(The Associated Press circulated the following article on September 19.)
NEW YORK — Shares of railroad stocks fell on Tuesday in active trading, despite a pair of reasonably bullish outlooks on the sector from industry analysts.
The retreat was led by shares of Norfolk Southern Corp., which lost $1.80, or 4 percent, to $43 in afternoon trading on the New York Stock Exchange.
Shares of Union Pacific Corp. gave up $1.90, or 2.2 percent, to $84.16 on the NYSE, recovering slightly from an intraday low of $83.77.
CSX Corp. shares dropped $1.25, or 3.8 percent, to $31.06 on the Big Board, while shares of Burlington Northern Santa Fe Corp. lost $1.78, or 2.5 percent, to $69.37.
The broader markets were also down Tuesday. In afternoon trading, the Dow Jones industrial average was down 46.66, to 11,508.24. The S&P 500 index dropped 6.147.60, to 1,314.98, and the Nasdaq composite index dipped 24.84, to 2,210.91.
The activity in rails came on the heels of new research reports on the sector from Lehman Brothers and Citigroup.
Lehman analyst Gary Chase, in a mostly positive outlook on the sector, upgraded his recommendation on Burlington Northern by two notches, to “Overweight,” from “Underweight.”

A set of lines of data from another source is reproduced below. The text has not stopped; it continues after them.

//! A stop of a desk, and its opening again.
ghost use Rattle.std.specs.Prelude.{◌≡◌, true, false, IfOk, IfErr, IsTrue};
ghost use Rattle.sqlite.specs.Held.{state};
ghost use Rattle.sqlite.specs.State.{HasCleanDisk};
ghost use Rattle.sqlite.specs.Steps.{IsFresh};
ghost use Rattle.sqlite.specs.Tree.{Trees};
ghost use Rattle.sqlite_trees.specs.View.{IsClean};
ghost use Rattle.rtgs_book.specs.declared.book.Book.{Book};
ghost use Rattle.rtgs_book.specs.Calm.{IsCalm};
ghost use Rattle.rtgs_desk.specs.Holding.{Holds};
ghost use Rattle.rtgs_promises.specs.Headline.{IsForced};
ghost use Rattle.rtgs_promises.specs.Stops.{IsUnopened, LeavesCalm, LeavesNoMore};
ghost use Rattle.rtgs_book_file.specs.stored_desk.Stored.{AreTablesOf};

use crate::sessions::{NoSession, Stop};
use rtgs_book::Fault;
use rtgs_book_file::stored_desk::open;
use rtgs_desk::Desk;
use rtgs_keeper::Keeper;
use rtgs_tables::SqlKeeper;
use sqlite::{Alter, Connection, Error};
use sqlite_trees::error::StoreError;
use sqlite_trees::store::{Reopen, Store};
use std::alloc::Global;

/// The store under a desk.
pub(crate) fn store_of<S: Alter + Drop>(desk: Desk<SqlKeeper<S>>) -> S
    ensures { LeavesNoMore S.Store desk.keeper.conn.store result }
{
    desk.into_keeper().into_connection().into_store()
}

// Whether a store is released as it is: where it is to end in order, and works.
fn is_let_go<S: Alter>(store: &S, stop: Stop) -> bool
    ensures { result ≡ true → IsClean (S.Store.view store.now) → (S.Store.view store.now).is_broken ≡ false }
{
    match stop {
        Stop::Crash => false,
        Stop::Close => !store.is_broken(),
    }
}

// Stops a store. It then has what a crash could leave.
fn stopped<S: Alter + Reopen + Drop>(conn: Connection<S>, stop: Stop) -> Result<S, (StoreError, S)>
    ensures fresh { IfOk result (λ store. IsClean (S.Store.view store) → IsFresh (S.Store.view store)) }
    ensures left { IfOk result (λ store. IsClean (S.Store.view store)
        → (state S.Store conn).may_leave (S.Store.view store).trees) }
    ensures ok { IfOk result (λ store. LeavesNoMore S.Store conn.store store) }
    ensures err { IfErr result (λ (_, store). LeavesNoMore S.Store conn.store store) }
{
    let mut store = conn.into_store();
    if is_let_go(&store, stop) {
        return Ok(store);
    }
    match store.crash_and_reopen() {
        Ok(()) => Ok(store),
        Err(error) => Err((error, store)),
    }
}

// Opens a database over a store that was opened just now.
fn connected<S: Alter + Drop>(alloc: Global, store: S) -> Result<Connection<S>, (Error, S)>
    requires { IsClean (S.Store.view store) → IsFresh (S.Store.view store) }
    ensures idle { IfOk result (λ conn. conn.in_transaction ≡ false) }
    ensures opens { IfOk result (λ conn. HasCleanDisk (state S.Store conn) → IsTrue (state S.Store conn).is_open) }
    ensures found { IfOk result (λ conn. HasCleanDisk (state S.Store conn)
        → (state S.Store conn).committed.trees ≡ (S.Store.view store).trees) }
    ensures honest { IfOk result (λ conn. HasCleanDisk (state S.Store conn) → IsClean (S.Store.view store)) }
    ensures err { IfErr result (λ (_, left). LeavesNoMore S.Store store left) }
{
    // The contract is by cases of the result, and the prover sees them where it is taken apart.
    match Connection::over(alloc, store) {
        Ok(conn) => Ok(conn),
        Err((error, left)) => Err((error, left)),
    }
}

/// Opens a desk over the tables of a database. The book that it then holds is calm. Where none opens, the store comes
/// back.
pub(crate) fn opened<S: Alter + Drop>(
    alloc: Global,
    conn: Connection<S>,
) -> Result<Desk<SqlKeeper<S>>, (Fault, S)>
    requires { conn.in_transaction ≡ false }
    ensures held { IfOk result (λ desk. HasCleanDisk (state S.Store desk.keeper.conn)
        → IsTrue (state S.Store conn).is_open
        → (book : Book) → AreTablesOf book (state S.Store conn).committed.trees
        → Holds ⟦<SqlKeeper<S> as Keeper>⟧ desk book × IsCalm book) }
    ensures honest { IfOk result (λ desk. HasCleanDisk (state S.Store desk.keeper.conn)
        → HasCleanDisk (state S.Store conn)) }
    ensures refused { IfErr result (λ (fault, left). IsClean (S.Store.view left) → IsTrue (state S.Store conn).is_open
        → IsUnopened (state S.Store conn) fault (S.Store.recovers left)) }
    ensures back { IfErr result (λ (_, left). IsClean (S.Store.view left) → HasCleanDisk (state S.Store conn)) }
{
    match open(alloc, conn) {
        Ok(desk) => {
            desk.holds_a_sound_book();
            Ok(desk)
        }
        Err((fault, keeper)) => Err((fault, keeper.into_connection().into_store())),
    }
}

/// Stops a desk, and opens it again over what the stop left. Where that fails, the store comes back.
pub(crate) fn found_again<S: Alter + Reopen + Drop>(
    alloc: Global,
    desk: Desk<SqlKeeper<S>>,
    stop: Stop,
) -> Result<Desk<SqlKeeper<S>>, (NoSession, S)>
    ensures found { IfOk result (λ next. HasCleanDisk (state S.Store next.keeper.conn)
        → (trees : Trees) × (state S.Store desk.keeper.conn).may_leave trees
        × ((book : Book) → AreTablesOf book trees → Holds ⟦<SqlKeeper<S> as Keeper>⟧ next book)) }
    ensures honest { IfOk result (λ next. HasCleanDisk (state S.Store next.keeper.conn)
        → HasCleanDisk (state S.Store desk.keeper.conn)) }
    ensures lost { IfErr result (λ (_, left). LeavesNoMore S.Store desk.keeper.conn.store left) }
    ensures cause { IfErr result (λ (cause, left). IsClean (S.Store.view left)
        → LeavesCalm (state S.Store desk.keeper.conn).may_leave → IsForced cause) }
{
    let store = match stopped(desk.into_keeper().into_connection(), stop) {
        Ok(store) => store,
        Err((error, left)) => return Err((NoSession::NotReopened(error), left)),
    };
    let conn = match connected(alloc, store) {
        Ok(conn) => conn,
        Err((error, left)) => return Err((NoSession::NotConnected(error), left)),
    };
    match opened(alloc, conn) {
        Ok(next) => Ok(next),
        Err((fault, left)) => Err((NoSession::NoDesk(fault), left)),
    }
}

He cut Norfolk Southern to “Underweight” from “Equal Weight,” and CSX Corp. to “Equal Weight” from “Overweight.”
Chase said cutting Norfolk Southern and CSX wasn’t based on fundamentals, but a function of Lehman’s forced ratings scale, which requires analysts to balance ratings across an industry. Both stocks are likely to underperform the broader transportation sector and other railroads under his coverage, he said. Chase retained a “Equal Weight” rating on Union Pacific.
Burlington Northern, meanwhile, offers investors industry-leading growth rate without the premium, Chase said.

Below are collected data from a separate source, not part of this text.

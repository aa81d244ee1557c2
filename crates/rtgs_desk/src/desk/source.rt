//! What texts are read from: the desk gives the participants' codes, and the records of a date one after another.
use super::Desk;
use super::look_ups::refused;
use rtgs_book::{Mark, Order, Posting, Refusal};
use rtgs_keeper::Keeper;
use rtgs_money::{BusinessDate, Code};
use rtgs_statements::Source;

impl<K: Keeper> Source for Desk<K> {
    ghost use Rattle.rtgs_desk.specs.Holding.{Holds, IsLeft};
    ghost use Rattle.rtgs_desk.specs.Leaving as leaving;

    ghost holds = { λ desk. Holds K.Keeper desk };

    // A crash leaves the book and no other, whole.
    ghost leaves = { λ desk. IsLeft K.Keeper desk };

    ghost is_honest = { λ desk. K.is_honest desk.keeper };

    ghost has_failed = { λ desk. K.has_failed desk.keeper };

    ghost left = { λ desk. leaving.left (record {
      content = K.Keeper.content;
      leaves = K.Keeper.leaves;
      has_failed = K.Keeper.has_failed;
      is_honest = K.Keeper.is_honest;
      has_tables = K.Keeper.has_tables;
      is_empty = K.Keeper.is_empty;
      is_whole = K.Keeper.is_whole;
      shows = K.Keeper.shows;
      leaves_no_more = K.Keeper.leaves_no_more;
      explains = K.Keeper.explains;
    }) K.still desk };

    fn next_posting(
        &mut self,
        date: BusinessDate,
        number: u64,
    ) -> Result<Option<Posting>, Refusal> {
        if self.failed {
            return Err(Refusal::Failed);
        }
        match self.keeper.next_posting(date, number) {
            Ok(next) => Ok(next),
            Err(fault) => Err(refused(fault, &mut self.failed)),
        }
    }

    fn next_order(&mut self, date: BusinessDate, number: u64) -> Result<Option<Order>, Refusal> {
        if self.failed {
            return Err(Refusal::Failed);
        }
        match self.keeper.next_order(date, number) {
            Ok(next) => Ok(next),
            Err(fault) => Err(refused(fault, &mut self.failed)),
        }
    }

    fn next_mark(&mut self, date: BusinessDate, number: u64) -> Result<Option<Mark>, Refusal> {
        if self.failed {
            return Err(Refusal::Failed);
        }
        match self.keeper.next_mark(date, number) {
            Ok(next) => Ok(next),
            Err(fault) => Err(refused(fault, &mut self.failed)),
        }
    }

    fn code_at(&self, index: usize) -> Option<Code> {
        self.ledger.code_at(index)
    }

    fn reads_a_sound_book(&self) {
        self.holds_a_sound_book();
    }
}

In particular, Chase likes Burlington Northern’s access to western ports, where most of the industry’s fast-growing intermodal volumes originate; its access to Wyoming’s Powder River Basin coal deposits, which are becoming a popular alternative to the more expensive eastern varieties; and the railroad’s light exposure to automotive, where volumes are expected to decline.

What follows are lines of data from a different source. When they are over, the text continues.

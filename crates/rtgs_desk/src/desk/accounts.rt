//! What the desk answers of accounts.
ghost use Rattle.std.specs.Prelude.{◌≡◌, ◌≢◌, true, false, Err, IfOk, IfErr, slice_get};
ghost use Rattle.std.specs.Option.{option_map};
ghost use Rattle.rtgs_book.specs.declared.book.Book.{Book};
ghost use Rattle.rtgs_book.specs.Balance.{balance};
ghost use Rattle.rtgs_book.specs.cores.Cores.{account_of};
ghost use Rattle.rtgs_desk.specs.Holding.{HasInMemory, Holds};
ghost use Rattle.rtgs_desk.specs.Readings.{Tells, accounts_answer, reading_of};

use super::Desk;
use crate::value::value_of;
use rtgs_book::{Account, AccountReading, MOST_PARTICIPANTS, Refusal};
use rtgs_keeper::Keeper;
use std::alloc::AllocError;

impl<K: Keeper> Desk<K> {
    /// Each participant, its balance and its queue in short, in the order of the codes. It is `Failed` where the store
    /// has failed, and the only other refusal is lack of memory.
    pub fn accounts(&self) -> Result<Vec<AccountReading>, Refusal>
        ensures answered { (book : Book) → Holds K.Keeper self.now book
            → Tells (λ readings. readings.items) (accounts_answer book) result }
        // So it is of the book in memory, where none is known to be held.
        ensures remembered { (book : Book) → HasInMemory self.now book → K.has_failed self.now.keeper ≡ false
            → Tells (λ readings. readings.items) (accounts_answer book) result }
        // Whatever is in memory, a desk whose store has not failed gives no other refusal than this.
        ensures kinds { K.has_failed self.now.keeper ≡ false
            → IfErr result (λ refusal. refusal ≡ Refusal.OutOfMemory) }
        ensures failed { K.has_failed self.now.keeper ≡ true → result ≡ Err Refusal.Failed }
        ensures only_failed { result ≡ Err Refusal.Failed → K.has_failed self.now.keeper ≡ true }
        ensures no_fault { result ≢ Err Refusal.StoreFault }
    {
        if self.failed {
            return Err(Refusal::Failed);
        }
        let mut readings = Vec::new(self.alloc);
        for index in 0..MOST_PARTICIPANTS {
            let Some(account) = self.account_at(index) else {
                return Ok(readings);
            };
            readings.push(self.reading_of(&account)?)?;
        }
        Ok(readings)
    }

    // The account at this place, from 0 on, in the order of the codes; past the last there is none.
    fn account_at(&self, index: usize) -> Option<Account>
        ensures { (book : Book) → HasInMemory self.now book
            → result ≡ option_map (account_of book) (slice_get book.participants index) }
    {
        let code = self.ledger.code_at(index)?;
        self.ledger.account(&code)
    }

    /// What is answered of an account: it and its queue in short. The only error is lack of memory.
    pub(super) fn reading_of(&self, account: &Account) -> Result<AccountReading, AllocError>
        ensures { (book : Book) → HasInMemory self.now book
            → account.now.balance ≡ balance book account.now.participant.code → IfOk result (λ reading.
            reading ≡ reading_of book account.now.participant.code account.now.participant) }
    {
        let queue = self.ledger.queue(&account.participant.code)?;
        Ok(AccountReading {
            participant: account.participant,
            balance: account.balance,
            day: self.ledger.day(),
            queued: queue.len(),
            queued_value: value_of(queue.as_slice()),
        })
    }
}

“We see BNI as a market performer in a downside scenario, but a significant outperformer if the economy surprises to the upside,” Chase said.
Meanwhile, John Kartsonas, an analyst at Citigroup, started coverage on the sector with a positive view.
“Our view reflects our expectation for a continuation of the relatively tight capacity that has characterized the industry,” Kartsonas said in a research note on Tuesday.
Kartsonas warned the traditionally cyclical nature of the industry has not entirely disappeared, but by reducing their dependence on the volatile commodities sector and increasing services to other industries, the companies now have more control over their operations, and, as a result, over volumes and pricing.
Kartsonas assigned “Buy” ratings to Burlington Northern, Norfolk Southern, CSX, and Canadian National Railways Co. He started Canadian Pacific Railway Ltd. and Union Pacific at “Hold,” saying the stocks were priced fairly.
Shares of Canadian Pacific lost 38 cents to $47.784, while share of Canadian National fell 36 cents to $41.40.